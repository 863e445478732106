/// What a cell looks like: the face is U+0020 to U+007E, or U+FFFD for every other character. Ink
/// and paper are indexes of the palette.
#[derive(Clone, Copy, Debug, PartialEq, Eq)]
pub struct Key {
    pub face: char,
    pub under: bool,
    pub ink: u8,
    pub paper: u8,
}
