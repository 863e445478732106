ghost use Rattle.std.specs.Prelude.{◌≡◌, List};
ghost use Rattle.gate_model.specs.declared.act.Act.{Act};

use crate::Act;
use std::marker::Model;

/// What a viewer's instructions ask for, in order; contracts see the list.
#[derive(Drop)]
pub struct Acts {
    held: Vec<Act>,
}

impl Model for Acts {
    ghost Value = { List Act };

    ghost view = { λ s. s.held.items };
}

impl Acts {
    /// The list of the vector's items.
    pub fn of(value: Vec<Act>) -> Acts
        ensures { result ≡ value.items }
    {
        Acts { held: value }
    }

    /// The vector that holds the list. It takes no memory.
    pub fn into_inner(self) -> Vec<Act>
        ensures { result.items ≡ self }
    {
        self.held
    }

    /// The items, lent.
    pub fn as_slice(&self) -> &[Act]
        ensures { result.now ≡ self.now }
    {
        &self.held
    }
}
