ghost use Rattle.std.specs.Prelude.{◌≡◌, List};
ghost use Rattle.gate_model.specs.declared.answer.Answer.{Answer};

use crate::Answer;
use std::marker::Model;

/// The answers to a list of events, one for each, in order; contracts see the list.
#[derive(Drop)]
pub struct Answers {
    held: Vec<Answer>,
}

impl Model for Answers {
    ghost Value = { List Answer };

    ghost view = { λ s. s.held.items };
}

impl Answers {
    /// The list of the vector's items.
    pub fn of(value: Vec<Answer>) -> Answers
        ensures { result ≡ value.items }
    {
        Answers { held: value }
    }

    /// The vector that holds the list. It takes no memory.
    pub fn into_inner(self) -> Vec<Answer>
        ensures { result.items ≡ self }
    {
        self.held
    }

    /// The items, lent.
    pub fn as_slice(&self) -> &[Answer]
        ensures { result.now ≡ self.now }
    {
        &self.held
    }
}
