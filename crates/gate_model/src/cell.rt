/// A place of the screen: a character, the palette's indexes of its ink and its paper, whether it is
/// underlined, and whether it is one half of a character that takes two places.
#[derive(Clone, Copy, Debug, PartialEq, Eq)]
pub struct Cell {
    pub ch: char,
    pub ink: u8,
    pub paper: u8,
    pub under: bool,
    pub half: Half,
}

/// A character of one place, or the left or the right half of one that takes two.
#[derive(Clone, Copy, Debug, PartialEq, Eq)]
pub enum Half {
    Whole,
    Left,
    Right,
}
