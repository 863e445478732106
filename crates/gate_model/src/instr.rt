/// An instruction that the gateway sends (the Guacamole manual, "Guacamole protocol reference").
/// Layer 0 is visible; buffers are the layers from -1 down to -1,024. Places and sizes are pixels.
/// Every `cfill` and `copy` has mask 14 and every `cfill` alpha 255.
#[derive(Clone, Copy, Debug, PartialEq, Eq)]
pub enum Instr {
    /// Sets a layer's size.
    Size {
        layer: i32,
        width: u32,
        height: u32,
    },
    /// Adds a rectangle to a layer's path.
    Rect {
        layer: i32,
        x: u32,
        y: u32,
        width: u32,
        height: u32,
    },
    /// Fills a layer's path with a colour.
    Cfill {
        layer: i32,
        red: u8,
        green: u8,
        blue: u8,
    },
    /// Copies a rectangle of one layer to a place of another.
    Copy {
        from: i32,
        x: u32,
        y: u32,
        width: u32,
        height: u32,
        to: i32,
        to_x: u32,
        to_y: u32,
    },
    /// Ends a frame.
    Sync {
        stamp: u64,
    },
    /// The session has ended.
    Disconnect,
    /// A refusal; its text is fixed by the status.
    Error {
        status: u16,
    },
}
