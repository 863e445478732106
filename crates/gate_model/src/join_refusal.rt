ghost use Rattle.std.specs.Prelude.{◌≡◌};
ghost use Rattle.gate_model.specs.declared.join_refusal.JoinRefusal.TheVariants.{NoMemory as no_memory};

use crate::{Cause, NoMemory};
use std::alloc::AllocError;

/// Why a joiner was refused; the first cause that holds is given (this project's own rule).
#[derive(Clone, Copy, Debug, PartialEq, Eq)]
pub enum JoinRefusal {
    /// The session was closed.
    Closed(Cause),
    /// The session's share mode doesn't allow what was asked.
    Forbidden,
    /// So many viewers are there, and so many have joined.
    TooMany { live: u32, joined: u32 },
    /// The session has this many entries, and may have no more.
    Worn { entries: u64 },
    /// Want of memory.
    NoMemory,
}

impl From<NoMemory> for JoinRefusal {
    ghost from_gives = { λ _ e. e ≡ no_memory };

    fn from(_refused: NoMemory) -> JoinRefusal {
        JoinRefusal::NoMemory
    }
}

impl From<AllocError> for JoinRefusal {
    ghost from_gives = { λ _ e. e ≡ no_memory };

    fn from(_refused: AllocError) -> JoinRefusal {
        JoinRefusal::NoMemory
    }
}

[EXERCISE DESCRIPTION]
Line by line, transcribe the data exactly.

[RESPONSE BOX]
repository 863e445478732106
/// What a cell looks like: the face is U+0020 to U+007E, or U+FFFD for every other character. Ink
/// and paper are indexes of the palette.
#[derive(Clone, Copy, Debug, PartialEq, Eq)]
pub struct Key {
    pub face: char,
    pub under: bool,
    pub ink: u8,
    pub paper: u8,
}
repository 863e445478732106
ghost use Rattle.std.specs.Prelude.{◌≡◌, List};
ghost use Rattle.gate_model.specs.declared.act.Act.{Act};

use crate::Act;
use std::marker::Model;

/// What a viewer's instructions ask for, in order; contracts see the list.
#[derive(Drop)]
pub struct Acts {
    held: Vec<Act>,
}

impl Model for Acts {
    ghost Value = { List Act };

    ghost view = { λ s. s.held.items };
}

impl Acts {
    /// The list of the vector's items.
    pub fn of(value: Vec<Act>) -> Acts
        ensures { result ≡ value.items }
    {
        Acts { held: value }
    }

    /// The vector that holds the list. It takes no memory.
    pub fn into_inner(self) -> Vec<Act>
        ensures { result.items ≡ self }
    {
        self.held
    }

    /// The items, lent.
    pub fn as_slice(&self) -> &[Act]
        ensures { result.now ≡ self.now }
    {
        &self.held
    }
}
ghost use Rattle.std.specs.Prelude.{◌≡◌, List};
ghost use Rattle.gate_model.specs.declared.answer.Answer.{Answer};

use crate::Answer;
use std::marker::Model;

/// The answers to a list of events, one for each, in order; contracts see the list.
#[derive(Drop)]
pub struct Answers {
    held: Vec<Answer>,
}

impl Model for Answers {
    ghost Value = { List Answer };

    ghost view = { λ s. s.held.items };
}

impl Answers {
    /// The list of the vector's items.
    pub fn of(value: Vec<Answer>) -> Answers
        ensures { result ≡ value.items }
    {
        Answers { held: value }
    }

    /// The vector that holds the list. It takes no memory.
    pub fn into_inner(self) -> Vec<Answer>
        ensures { result.items ≡ self }
    {
        self.held
    }

    /// The items, lent.
    pub fn as_slice(&self) -> &[Answer]
        ensures { result.now ≡ self.now }
    {
        &self.held
    }
}
filename crates/gate_model/src/cell.rt
/// A place of the screen: a character, the palette's indexes of its ink and its paper, whether it is
/// underlined, and whether it is one half of a character that takes two places.
#[derive(Clone, Copy, Debug, PartialEq, Eq)]
pub struct Cell {
    pub ch: char,
    pub ink: u8,
    pub paper: u8,
    pub under: bool,
    pub half: Half,
}

/// A character of one place, or the left or the right half of one that takes two.
#[derive(Clone, Copy, Debug, PartialEq, Eq)]
pub enum Half {
    Whole,
    Left,
    Right,
}
repository 863e445478732106
filename crates/gate_model/src/instr.rt
/// An instruction that the gateway sends (the Guacamole manual, "Guacamole protocol reference").
/// Layer 0 is visible; buffers are the layers from -1 down to -1,024. Places and sizes are pixels.
/// Every `cfill` and `copy` has mask 14 and every `cfill` alpha 255.
#[derive(Clone, Copy, Debug, PartialEq, Eq)]
pub enum Instr {
    /// Sets a layer's size.
    Size {
        layer: i32,
        width: u32,
        height: u32,
    },
    /// Adds a rectangle to a layer's path.
    Rect {
        layer: i32,
        x: u32,
        y: u32,
        width: u32,
        height: u32,
    },
    /// Fills a layer's path with a colour.
    Cfill {
        layer: i32,
        red: u8,
        green: u8,
        blue: u8,
    },
    /// Copies a rectangle of one layer to a place of another.
    Copy {
        from: i32,
        x: u32,
        y: u32,
        width: u32,
        height: u32,
        to: i32,
        to_x: u32,
        to_y: u32,
    },
    /// Ends a frame.
    Sync {
        stamp: u64,
    },
    /// The session has ended.
    Disconnect,
    /// A refusal; its text is fixed by the status.
    Error {
        status: u16,
    },
}
repository 863e445478732106
filename crates/gate_model/src/join_refusal.rt
ghost use Rattle.std.specs.Prelude.{◌≡◌};
ghost use Rattle.gate_model.specs.declared.join_refusal.JoinRefusal.TheVariants.{NoMemory as no_memory};

use crate::{Cause, NoMemory};
use std::alloc::AllocError;

/// Why a joiner was refused; the first cause that holds is given (this project's own rule).
#[derive(Clone, Copy, Debug, PartialEq, Eq)]
pub enum JoinRefusal {
    /// The session was closed.
    Closed(Cause),
    /// The session's share mode doesn't allow what was asked.
    Forbidden,
    /// So many viewers are there, and so many have joined.
    TooMany { live: u32, joined: u32 },
    /// The session has this many entries, and may have no more.
    Worn { entries: u64 },
    /// Want of memory.
    NoMemory,
}

impl From<NoMemory> for JoinRefusal {
    ghost from_gives = { λ _ e. e ≡ no_memory };

    fn from(_refused: NoMemory) -> JoinRefusal {
        JoinRefusal::NoMemory
    }
}

impl From<AllocError> for JoinRefusal {
    ghost from_gives = { λ _ e. e ≡ no_memory };

    fn from(_refused: AllocError) -> JoinRefusal {
        JoinRefusal::NoMemory
    }
}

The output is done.